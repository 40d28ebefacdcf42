// The three demands, and what meets the conditions of theorems, as one contract.
#![tactic(auto)]

ghost use Rattle.promises.specs.Claims.{Promises};
ghost use Rattle.promises.specs.Witnesses.{Witnesses};

// Does nothing. Its contract has the three demands and the witnesses, so that none can be dropped unseen.
pub fn promises_hold()
    ensures { Promises × Witnesses }
{}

== == ==

**Task goal:**
The answer should be an exact reproduction of all the entries.

**Result of this task:**
repository 40d28ebefacdcf42
// The three demands, and what meets the conditions of theorems, as one contract.
#![tactic(auto)]

ghost use Rattle.promises.specs.Claims.{Promises};
ghost use Rattle.promises.specs.Witnesses.{Witnesses};

// Does nothing. Its contract has the three demands and the witnesses, so that none can be dropped unseen.
pub fn promises_hold()
    ensures { Promises × Witnesses }
{}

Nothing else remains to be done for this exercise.